(Stored data)
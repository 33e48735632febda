#![tactic(auto)]

// The lines that the programs print of a layout text.
// An inner crate: no user calls it, so its functions may have a `requires`, which each caller meets.
ghost use Rattle.std.specs.Prelude.{map, ◌≡◌, ◌+◌, ◌*◌, ◌≤◌, ◌<◌, ◌^◌, length, take};
ghost use Rattle.io.specs.Counts.{IsPrefixLen};
ghost use Rattle.octets.specs.Bytes.{flat};
ghost use Rattle.text_out.specs.Text.{Puts};
ghost use Rattle.fmd_lines.specs.Lines.{hex_field, name_text, numbers_text, section_line, image_line, numbered_line, listing_of};

use fmap_rules::ImagePosition;
use fmd::{Image, SectionRecord};

// A word, a space, a number and the line's end.
pub fn numbered(out: &mut [u8], at: usize, word: &[u8], n: u64) -> usize
    requires { (n < 1000) × (at + length word.now + 5 ≤ length out.old) }
    ensures { (result ≤ at + length word.now + 5)
        × Puts at (numbered_line word.now n) result out.old out.new }
{
    let a = text_out::bytes(out, at, word);
    let b = text_out::bytes(out, a, b" ");
    let c = text_out::decimal(out, b, n);
    text_out::bytes(out, c, b"\n")
}

// A number in hex and a space.
fn hex_field(out: &mut [u8], at: usize, n: u64, width: usize) -> usize
    requires { (1 ≤ width) × (width ≤ 16) × (n < 16 ^ width) × (at + width + 1 ≤ length out.old) }
    ensures { (result ≡ at + width + 1) × Puts at (hex_field width n) result out.old out.new }
{
    let a = text_out::hex(out, at, n, width);
    text_out::bytes(out, a, b" ")
}

// Position, size and flags of a section, a space after each.
pub fn numbers(out: &mut [u8], at: usize, s: &SectionRecord) -> usize
    requires { at + 23 ≤ length out.old }
    ensures { (result ≡ at + 23) × Puts at (numbers_text s.now) result out.old out.new }
{
    let a = hex_field(out, at, s.position.0 as u64, 8);
    let b = hex_field(out, a, s.size as u64, 8);
    hex_field(out, b, s.flags as u64, 4)
}

fn name(out: &mut [u8], at: usize, stored: &[u8; 32]) -> usize
    requires { at + 32 ≤ length out.old }
    ensures { (result ≤ at + 32) × Puts at (name_text stored.now) result out.old out.new }
{
    let k = fmap_rules::name_length(stored);
    text_out::bytes(out, at, &stored[..k])
}

fn section_line(out: &mut [u8], at: usize, s: &SectionRecord) -> usize
    requires { at + 56 ≤ length out.old }
    ensures { (result ≤ at + 56) × Puts at (section_line s.now) result out.old out.new }
{
    let a = numbers(out, at, s);
    let b = name(out, a, &s.name);
    text_out::bytes(out, b, b"\n")
}

fn image_line(out: &mut [u8], at: usize, i: &Image) -> usize
    requires { at + 59 ≤ length out.old }
    ensures { (result ≤ at + 59) × Puts at (image_line i.now) result out.old out.new }
{
    let a = name(out, at, &i.name);
    let b = text_out::bytes(out, a, b" ");
    let c = hex_field(out, b, i.size as u64, 8);
    let d = text_out::hex(out, c, i.address as u64, 16);
    text_out::bytes(out, d, b"\n")
}

// A line for each section. One loop over a closure for this and those of fmd_records is no plainer: a clause would have to say what each call puts.
fn section_lines(out: &mut [u8], at: usize, sections: &[SectionRecord]) -> usize
    requires { at + 56 * length sections.now ≤ length out.old }
    ensures { (result ≤ at + 56 * length sections.now) × Puts at (flat (map section_line sections.now)) result out.old out.new }
{
    let mut end = at;
    for s in sections {
        end = section_line(out, end, s);
    }
    end
}

// A section list before it is lent.
const BLANK: SectionRecord = SectionRecord {
    position: ImagePosition(0),
    size: 0,
    flags: 0,
    name: [0; 32],
};

// The listing of a text.
pub fn listing(out: &mut [u8], text: &[u8]) -> usize
    requires { 7227 ≤ length out.old }
    ensures { IsPrefixLen result out.new × (take result out.new ≡ listing_of text.now) }
{
    let mut sections = [BLANK; 128];
    let answer = fmd::list(text, &mut sections);
    match &answer {
        Ok(image) => {
            let at = image_line(out, 0, image);
            section_lines(out, at, &sections[..image.count as usize])
        }
        Err(_) => numbered(out, 0, b"refused", fmd::number(&answer) as u64),
    }
}
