#![tactic(auto)]

// The exports of the GPT calls for C: each calls the function of `c_disk` that has its name, and promises what that one promises.
// One function each stays: the C interface has a name and a signature for each.
ghost use Rattle.std.specs.Prelude.{◌≡◌, [], ◌∷◌};
ghost use Rattle.gpt_model.specs.Sizes.{step_by, format_by};
ghost use Rattle.gpt_model.specs.Calls.{read as read_call, free_counts, repair as repair_call, check as check_call, edit, delete as delete_call};
ghost use Rattle.gpt_model.specs.Calls.{resize as resize_call, rename as rename_call, add as add_call, new_partition};
ghost use Rattle.c_disk.specs.Effects.{rule_numbered, gpt_effect, table_place_by};

#[unsafe(no_mangle)]
pub extern "C" fn usi_gpt_format(
    head: &mut [u8],
    tail: &mut [u8],
    n: u64,
    block: u64,
    guid: &[u8],
) -> u32
    ensures { record { result = result; head = head.new; tail = tail.new; values = [] }
        ≡ gpt_effect [] (format_by block n guid.now head.old tail.old) }
{
    c_disk::usi_gpt_format(head, tail, n, block, guid)
}

#[unsafe(no_mangle)]
pub extern "C" fn usi_gpt_read(head: &[u8], tail: &[u8], n: u64, block: u64, state: &mut u64) -> u32
    ensures { record { result = result; head = head.now; tail = tail.now; values = state.new ∷ [] }
        ≡ gpt_effect (state.old ∷ []) (step_by block n head.now tail.now read_call) }
{
    c_disk::usi_gpt_read(head, tail, n, block, state)
}

#[unsafe(no_mangle)]
pub extern "C" fn usi_gpt_delete(
    head: &mut [u8],
    tail: &mut [u8],
    n: u64,
    block: u64,
    slot: u64,
) -> u32
    ensures { record { result = result; head = head.new; tail = tail.new; values = [] }
        ≡ gpt_effect [] (step_by block n head.old tail.old (edit (delete_call slot))) }
{
    c_disk::usi_gpt_delete(head, tail, n, block, slot)
}

#[unsafe(no_mangle)]
pub extern "C" fn usi_gpt_resize(
    head: &mut [u8],
    tail: &mut [u8],
    n: u64,
    block: u64,
    slot: u64,
    size: u64,
) -> u32
    ensures { record { result = result; head = head.new; tail = tail.new; values = [] }
        ≡ gpt_effect [] (step_by block n head.old tail.old (edit (resize_call slot size))) }
{
    c_disk::usi_gpt_resize(head, tail, n, block, slot, size)
}

#[unsafe(no_mangle)]
pub extern "C" fn usi_gpt_free(
    head: &[u8],
    tail: &[u8],
    n: u64,
    block: u64,
    free: &mut u64,
    longest: &mut u64,
) -> u32
    ensures { record { result = result; head = head.now; tail = tail.now; values = free.new ∷ longest.new ∷ [] }
        ≡ gpt_effect (free.old ∷ longest.old ∷ []) (step_by block n head.now tail.now free_counts) }
{
    c_disk::usi_gpt_free(head, tail, n, block, free, longest)
}

#[unsafe(no_mangle)]
pub extern "C" fn usi_gpt_repair(
    head: &mut [u8],
    tail: &mut [u8],
    n: u64,
    block: u64,
    state: &mut u64,
) -> u32
    ensures { record { result = result; head = head.new; tail = tail.new; values = state.new ∷ [] }
        ≡ gpt_effect (state.old ∷ []) (step_by block n head.old tail.old repair_call) }
{
    c_disk::usi_gpt_repair(head, tail, n, block, state)
}

#[unsafe(no_mangle)]
pub extern "C" fn usi_gpt_rename(
    head: &mut [u8],
    tail: &mut [u8],
    n: u64,
    block: u64,
    slot: u64,
    name: &[u16],
) -> u32
    ensures { record { result = result; head = head.new; tail = tail.new; values = [] }
        ≡ gpt_effect [] (step_by block n head.old tail.old (edit (rename_call slot name.now))) }
{
    c_disk::usi_gpt_rename(head, tail, n, block, slot, name)
}

#[unsafe(no_mangle)]
pub extern "C" fn usi_gpt_add(
    head: &mut [u8],
    tail: &mut [u8],
    n: u64,
    block: u64,
    kind: &[u8],
    unique: &[u8],
    size: u64,
    alignment: u64,
    attributes: u64,
    rule: u64,
    name: &[u16],
    slot: &mut u64,
    first: &mut u64,
) -> u32
    ensures { record { result = result; head = head.new; tail = tail.new; values = slot.new ∷ first.new ∷ [] }
        ≡ gpt_effect (slot.old ∷ first.old ∷ [])
        (step_by block n head.old tail.old
        (edit (add_call (new_partition kind.now unique.now size alignment attributes (rule_numbered rule) name.now)))) }
{
    c_disk::usi_gpt_add(
        head, tail, n, block, kind, unique, size, alignment, attributes, rule, name, slot, first,
    )
}

#[unsafe(no_mangle)]
pub extern "C" fn usi_gpt_table(
    head: &[u8],
    tail: &[u8],
    n: u64,
    block: u64,
    in_tail: &mut u64,
    offset: &mut u64,
) -> u32
    ensures { record { result = result; head = head.now; tail = tail.now; values = in_tail.new ∷ offset.new ∷ [] }
        ≡ gpt_effect (in_tail.old ∷ offset.old ∷ []) (table_place_by block n head.now tail.now) }
{
    c_disk::usi_gpt_table(head, tail, n, block, in_tail, offset)
}

#[unsafe(no_mangle)]
pub extern "C" fn usi_gpt_check(
    head: &[u8],
    tail: &[u8],
    n: u64,
    block: u64,
    rule: u64,
    slot: &mut u64,
) -> u32
    ensures { record { result = result; head = head.now; tail = tail.now; values = slot.new ∷ [] }
        ≡ gpt_effect (slot.old ∷ []) (step_by block n head.now tail.now (check_call (rule_numbered rule))) }
{
    c_disk::usi_gpt_check(head, tail, n, block, rule, slot)
}
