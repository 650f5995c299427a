//! The ways in which the engine's code goes about a step, as definitions: what follows from a change, worked out only where
//! something was touched, and what a table says of the spaces that it stands for. Nobody need believe them: `bd_laws`
//! proves the first to come to what `bd_space` says, and the second stand in contracts that end in its words.
#![tactic(auto)]
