// ROM data and the byte reads for C and Rust, on one count: by a report handed back.
#![tactic(auto)]

ghost use Rattle.std.specs.Prelude.{◌≡◌, true, false, Result, Ok, length};
ghost use Rattle.info.specs.Reads.{buffer_left};
ghost use Rattle.c_board.specs.Value.{value_after};
ghost use Rattle.c_reads.specs.Code.{data_on_count, byte_on_count};

use c_report::OneromReport;
use refusal::Refusal;

#[tactic(auto, unfolding(crate::specs::Code::data_on_count, c_handed::specs::Handed::board_in))]
pub fn data_on_count(
    image: &[u8],
    flash_base: u32,
    cs0_base: u32,
    report: OneromReport,
    set_rows: &[u32],
    set: u32,
    offset: u32,
    buffer: &mut [u8],
    count: &mut u32,
) -> u32
    ensures reply { result ≡ (data_on_count flash_base cs0_base report set_rows.now set offset (length buffer.old) count.old image.now).number }
    ensures buffer { buffer.new ≡ buffer_left (data_on_count flash_base cs0_base report set_rows.now set offset (length buffer.old) count.old image.now) buffer.old }
    ensures count { count.new ≡ (data_on_count flash_base cs0_base report set_rows.now set offset (length buffer.old) count.old image.now).count }
{
    let board = c_handed::board_in(flash_base, cs0_base, report);
    match data_reads::data_on_count(image, board, set_rows, set, offset, buffer, count) {
        Ok(()) => 0,
        Err(refusal) => refusal.number() as u32,
    }
}

// A raw offset, which no pin has a part in.
fn offset(address: u32) -> Result<u32, Refusal>
    ensures { result ≡ Ok address }
{
    Ok(address)
}

// Two functions, not one that is given the flag: the compiler joins each to its only caller, and the report is not copied once more. For the
// same reason a read by a raw offset, which looks at no pin and no ROM row, carries neither.
#[tactic(auto, using(crate::proofs::Calls::by_calls))]
pub fn raw_byte_on_count(
    image: &[u8],
    flash_base: u32,
    cs0_base: u32,
    report: OneromReport,
    set_rows: &[u32],
    rom_rows: &[u32],
    set: u32,
    logical: u8,
    address: u32,
    levels: &[u8; 5],
    count: &mut u32,
    value: &mut u8,
) -> u32
    ensures reply { result ≡ (byte_on_count false flash_base cs0_base report set_rows.now rom_rows.now set logical address levels.now count.old image.now).number }
    ensures count { count.new ≡ (byte_on_count false flash_base cs0_base report set_rows.now rom_rows.now set logical address levels.now count.old image.now).count }
    ensures value { value.new ≡ value_after result (byte_on_count false flash_base cs0_base report set_rows.now rom_rows.now set logical address levels.now count.old image.now).byte value.old }
{
    let header = report.header;
    let line = c_handed::line_in(header.line);
    let rom_sets = report.rom_sets;
    let served = rom_sets.served;
    let held = report.pins;
    let m = if logical == 1 {
        let cs_set = c_board::levels_from(*levels);
        let pins = c_handed::pins_in(held);
        info::mangle_address(pins, served, set_rows, rom_rows, address, cs_set)
    } else {
        offset(address)
    };
    let before = *count;
    let raw = byte_reads::byte_at(
        image, flash_base, cs0_base, line, served, set_rows, set, m, before,
    );
    c_byte::give(raw, count, value)
}

#[tactic(auto, using(crate::proofs::Calls::by_calls))]
pub fn demangled_byte_on_count(
    image: &[u8],
    flash_base: u32,
    cs0_base: u32,
    report: OneromReport,
    set_rows: &[u32],
    rom_rows: &[u32],
    set: u32,
    logical: u8,
    address: u32,
    levels: &[u8; 5],
    count: &mut u32,
    value: &mut u8,
) -> u32
    ensures reply { result ≡ (byte_on_count true flash_base cs0_base report set_rows.now rom_rows.now set logical address levels.now count.old image.now).number }
    ensures count { count.new ≡ (byte_on_count true flash_base cs0_base report set_rows.now rom_rows.now set logical address levels.now count.old image.now).count }
    ensures value { value.new ≡ value_after result (byte_on_count true flash_base cs0_base report set_rows.now rom_rows.now set logical address levels.now count.old image.now).byte value.old }
{
    let header = report.header;
    let line = c_handed::line_in(header.line);
    let rom_sets = report.rom_sets;
    let served = rom_sets.served;
    let held = report.pins;
    let m = if logical == 1 {
        let cs_set = c_board::levels_from(*levels);
        let pins = c_handed::pins_in(held);
        info::mangle_address(pins, served, set_rows, rom_rows, address, cs_set)
    } else {
        offset(address)
    };
    let before = *count;
    let raw = byte_reads::byte_at(
        image, flash_base, cs0_base, line, served, set_rows, set, m, before,
    );
    let data = held.data;
    let shown = byte_reads::shown_byte(held.number, data, raw, before);
    c_byte::give(shown, count, value)
}
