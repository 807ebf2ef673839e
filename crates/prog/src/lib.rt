// Read programs: definitions and laws only, no code.
#![tactic(auto)]
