//! Adds up the requests of a web server's access log, which it reads from standard input. Skips the
//! lines that have no status and size, and says why.
#![tactic(auto)]

use atoi_simd::{AtoiSimdError, Parse, parse_prefix};
use std::io::{self, BufRead, BufReader};

fn reason(error: AtoiSimdError<'_>) -> &'static str {
    match error {
        AtoiSimdError::Empty => "no digit",
        _ => "number out of range",
    }
}

// Returns the number at the start of `text`, and the bytes after a space, if any.
fn number_and_rest<T: Parse>(text: &[u8]) -> Result<(T, &[u8]), &'static str> {
    let (number, len) = parse_prefix::<T, true, false>(text).map_err(reason)?;
    match &text[len..] {
        [] => Ok((number, &[])),
        [b' ', rest @ ..] => Ok((number, rest)),
        _ => Err("no space after the number"),
    }
}

// Returns what follows the next quote that no backslash escapes.
fn after_quote(text: &[u8]) -> Option<&[u8]> {
    let mut bytes = text.iter();
    while let Some(byte) = bytes.next() {
        match byte {
            b'"' => return Some(bytes.as_slice()),
            b'\\' => _ = bytes.next(),
            _ => {}
        }
    }
    None
}

// Returns the status and the size, which follow the request: `.. "GET / HTTP/1.1" 200 5316 ..`. A server
// writes a quote of the request as `\"` or `\x22`, and `-` for a size of 0.
fn status_and_size(line: &[u8]) -> Result<(u16, u64), &'static str> {
    let request = after_quote(line.trim_ascii_end()).ok_or("no request")?;
    let rest = after_quote(request).ok_or("no end of the request")?;
    let numbers = rest.strip_prefix(b" ").ok_or("no space after the request")?;
    let (status, rest) = number_and_rest::<u16>(numbers)?;
    match rest {
        [b'-'] | [b'-', b' ', ..] => Ok((status, 0)),
        _ => Ok((status, number_and_rest::<u64>(rest)?.0)),
    }
}

// Reads a log, and prints the skipped lines and the sums.
fn print_sums(rt: HostRuntime) -> io::Result<()> {
    let (mut requests, mut failed, mut bytes, mut skipped) = (0u64, 0u64, 0u64, 0u64);
    let lines = BufReader::new(rt.alloc(), rt.reader())?.split(rt.alloc(), b'\n');
    for (number, line) in (1u64..).zip(lines) {
        match status_and_size(&line?) {
            Ok((status, size)) => {
                // A plain `+` needs a proof that it cannot overflow.
                requests = requests.saturating_add(1);
                failed = failed.saturating_add(u64::from(status >= 400));
                bytes = bytes.saturating_add(size);
            }
            Err(reason) => {
                println!(rt; "line {number} is skipped: {reason}")?;
                skipped = skipped.saturating_add(1);
            }
        }
    }
    println!(rt; "requests {requests:10}")?;
    println!(rt; "failed   {failed:10}")?;
    println!(rt; "bytes    {bytes:10}")?;
    println!(rt; "skipped  {skipped:10}")
}

fn main(rt: HostRuntime) -> io::Result<()> {
    match print_sums(rt) {
        // Nothing reads the rest, as after `head`.
        Err(error) if error.kind() == io::ErrorKind::BrokenPipe => Ok(()),
        ended => ended,
    }
}
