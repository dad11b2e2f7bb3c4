//! Recorded calls to which the Rust crate `atoi_simd` 0.18.1 and this port give the same answer, each
//! on one line, in the form `ANSWER | ENGINE CALL TYPE FLAGS TEXT`. No text contains `|`.
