//! The number of a run's last record that lies nearest to its range's end.

ghost use Rattle.std.specs.Prelude.{Some, ◌≡◌, ◌+◌, ◌<◌, ◌≤◌, IsTrue, length, slice_get, unsigned_abs};
ghost use Rattle.emtp_case.specs.StepRecord.{latest};
ghost use Rattle.emtp_case.specs.held.Branch.{HasSeriesNumbers, IsBranch};
ghost use Rattle.emtp_case.specs.held.RunData.{IsTimeStep};
ghost use Rattle.emtp_case.specs.held.Sizes.{sizes_of};
ghost use Rattle.emtp_worth.specs.Nearest.{greater, held, kept_voltage, magnitude, nearest, with_branch, with_branches, with_numbers, with_switch, with_switches};

use crate::run::Run;
use emtp_case::{Branch, Case, Lumped, Switch, branch_name, inductor_impedance, switch_name};
use emtp_fix::{LARGEST_VALUE, MICRO, scaled};

/// What a number of a record is of.
#[derive(Clone, Copy)]
pub enum Number {
    /// The voltage of a node, in nV.
    Voltage(u32),
    /// The current of a branch, in nA: into a line at its first end.
    Current(Branch),
    /// The voltage 2 L i / DELTAT that the inductance of a series branch keeps of its current for the next step, in nV.
    Kept(Branch),
    /// The flux of a nonlinear reactor, in pWb.
    Flux(Branch),
    /// The current of a switch, in nA.
    Through(Switch),
}

/// A number of a record that isn't 0. Each range ends at 10^18.
#[derive(Clone, Copy)]
pub struct Reached {
    /// What it is of.
    pub of: Number,
    /// Its value.
    pub value: i64,
}

/// The magnitude of a number; 0 of none.
fn magnitude(best: &Option<Reached>) -> u64
    ensures { result ≡ magnitude best.now }
{
    match best {
        None => 0,
        Some(reached) => reached.value.unsigned_abs(),
    }
}

/// The greater one of two numbers; of equal ones the first, and a 0 never.
fn greater(best: Option<Reached>, of: Number, value: i64) -> Option<Reached>
    ensures { result ≡ greater best of value }
{
    if magnitude(&best) < value.unsigned_abs() {
        Some(Reached { of, value })
    } else {
        best
    }
}

/// A number held to 10^18.
fn held(x: i128) -> i64
    ensures { result ≡ held x }
{
    let most = LARGEST_VALUE as i128;
    x.clamp(-most, most) as i64
}

/// The voltage that the inductance of a series branch keeps of its current in nA for the next step, in nV, held to 10^18.
fn kept_voltage(dt: i64, x: &Lumped, i: i64) -> i64
    requires dt { IsTimeStep dt }
    requires numbers { HasSeriesNumbers dt x.now.r x.now.l x.now.c }
    ensures { result ≡ kept_voltage dt x.now.l i }
{
    held(scaled(inductor_impedance(dt, x.l), i as i128, MICRO))
}

/// With the numbers of the branch at a place.
fn with_numbers<R: Run>(
    case: &Case,
    run: &R,
    at: usize,
    branch: Branch,
    best: Option<Reached>,
) -> Option<Reached>
    requires same { R.case run.now ≡ case.now.parts }
    requires live { IsTrue (R.live run.now) }
    requires there { slice_get case.now.parts.branches at ≡ Some branch }
    requires branch { IsBranch case.now.parts.run (sizes_of case.now.parts) case.now.parts.points branch }
    requires place { at < length case.now.parts.branches }
    ensures { result ≡ with_numbers case.now.parts (latest (R.records run.now)) at branch best }
{
    let current = run.branch_current(at);
    let best = greater(best, Number::Current(branch), current);
    match branch {
        Branch::Lumped(x) => {
            let kept = kept_voltage(case.parts.run.dt, &x, current);
            greater(best, Number::Kept(branch), kept)
        }
        Branch::Pseudo(_) => greater(best, Number::Flux(branch), run.pseudo(at).flux),
        Branch::Line(_) => best,
        Branch::Phase(_) => best,
    }
}

/// With those of a branch that is named by a node.
fn with_branch<R: Run>(
    case: &Case,
    run: &R,
    node: u32,
    at: usize,
    branch: Branch,
    best: Option<Reached>,
) -> Option<Reached>
    requires same { R.case run.now ≡ case.now.parts }
    requires live { IsTrue (R.live run.now) }
    requires there { slice_get case.now.parts.branches at ≡ Some branch }
    requires branch { IsBranch case.now.parts.run (sizes_of case.now.parts) case.now.parts.points branch }
    requires place { at < length case.now.parts.branches }
    ensures { result ≡ with_branch case.now.parts node (latest (R.records run.now)) at branch best }
{
    if branch_name(case, at) == node {
        with_numbers(case, run, at, branch, best)
    } else {
        best
    }
}

/// With those of all branches.
fn with_branches<R: Run>(case: &Case, run: &R, node: u32, best: Option<Reached>) -> Option<Reached>
    requires same { R.case run.now ≡ case.now.parts }
    requires live { IsTrue (R.live run.now) }
    ensures { result ≡ with_branches case.now.parts node (latest (R.records run.now)) 0 case.now.parts.branches best }
{
    let branches = case.parts.branches.as_slice();
    let mut best = best;
    for at in 0..branches.len() {
        best = with_branch(case, run, node, at, branches[at], best);
    }
    best
}

/// With the current of a switch that is named by a node.
fn with_switch<R: Run>(
    case: &Case,
    run: &R,
    node: u32,
    at: usize,
    switch: Switch,
    best: Option<Reached>,
) -> Option<Reached>
    requires same { R.case run.now ≡ case.now.parts }
    requires live { IsTrue (R.live run.now) }
    requires place { at < length case.now.parts.switches }
    ensures { result ≡ with_switch case.now.parts node (latest (R.records run.now)) at switch best }
{
    if switch_name(case, at) == node {
        greater(best, Number::Through(switch), run.switch_current(at))
    } else {
        best
    }
}

/// With those of all switches.
fn with_switches<R: Run>(case: &Case, run: &R, node: u32, best: Option<Reached>) -> Option<Reached>
    requires same { R.case run.now ≡ case.now.parts }
    requires live { IsTrue (R.live run.now) }
    ensures { result ≡ with_switches case.now.parts node (latest (R.records run.now)) 0 case.now.parts.switches best }
{
    let switches = case.parts.switches.as_slice();
    let mut best = best;
    for at in 0..switches.len() {
        best = with_switch(case, run, node, at, switches[at], best);
    }
    best
}

/// The number of the last record nearest to its range's end, of those by which RANGE names a node.
#[tactic(auto, unfolding(crate::specs::Nearest::nearest))]
fn nearest<R: Run>(case: &Case, run: &R, node: u32) -> Option<Reached>
    requires same { R.case run.now ≡ case.now.parts }
    requires live { IsTrue (R.live run.now) }
    requires node { node ≤ length case.now.parts.nodes }
    ensures { result ≡ nearest case.now.parts node (latest (R.records run.now)) }
{
    let best = greater(None, Number::Voltage(node), run.voltage(node));
    let best = with_branches(case, run, node, best);
    with_switches(case, run, node, best)
}

/// The same where the run has made its last step, else what was found before.
fn found_at<R: Run>(
    case: &Case,
    run: &R,
    node: u32,
    last: u32,
    found: Option<Reached>,
) -> Option<Reached>
    requires same { R.case run.now ≡ case.now.parts }
    requires live { IsTrue (R.live run.now) }
    requires node { node ≤ length case.now.parts.nodes }
    ensures { length (R.records run.now) ≡ last + 1 → result ≡ nearest case.now.parts node (latest (R.records run.now)) }
{
    if run.done() == last {
        nearest(case, run, node)
    } else {
        found
    }
}

/// Makes the steps of a run that makes so many, and answers the number of its last record that is nearest to its range's end, of
/// those by which RANGE names a node. The record is read once: where a run has ended, none can be read any more.
pub fn nearest_at_end<R: Run>(case: &Case, run: &mut R, node: u32, last: u32) -> Option<Reached>
    requires same { R.case run.old ≡ case.now.parts }
    requires live { IsTrue (R.live run.old) }
    requires node { node ≤ length case.now.parts.nodes }
    requires last { length (R.whole run.old) ≡ last + 1 }
    ensures { result ≡ nearest case.now.parts node (latest (R.whole run.old)) }
{
    let mut found = found_at(case, run, node, last, None);
    'steps: while run.advance() {
        found = found_at(case, run, node, last, found);
    }
    found
}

-- WORK ITEM --
Among the entries above, the line containing "tail.old (edit (resize_call", the line containing "values = free.new", and all lines between them are to be restated word for word; nothing else belongs in the reply.

-- ANSWER TO THE EXERCISE --
        ≡ gpt_effect [] (step_by block n head.old tail.old (edit (resize_call slot size))) }
{
    c_disk::usi_gpt_resize(head, tail, n, block, slot, size)
}

#[unsafe(no_mangle)]
pub extern "C" fn usi_gpt_free(
    head: &[u8],
    tail: &[u8],
    n: u64,
    block: u64,
    free: &mut u64,
    longest: &mut u64,
) -> u32
    ensures { record { result = result; head = head.now; tail = tail.now; values = free.new ∷ longest.new ∷ [] }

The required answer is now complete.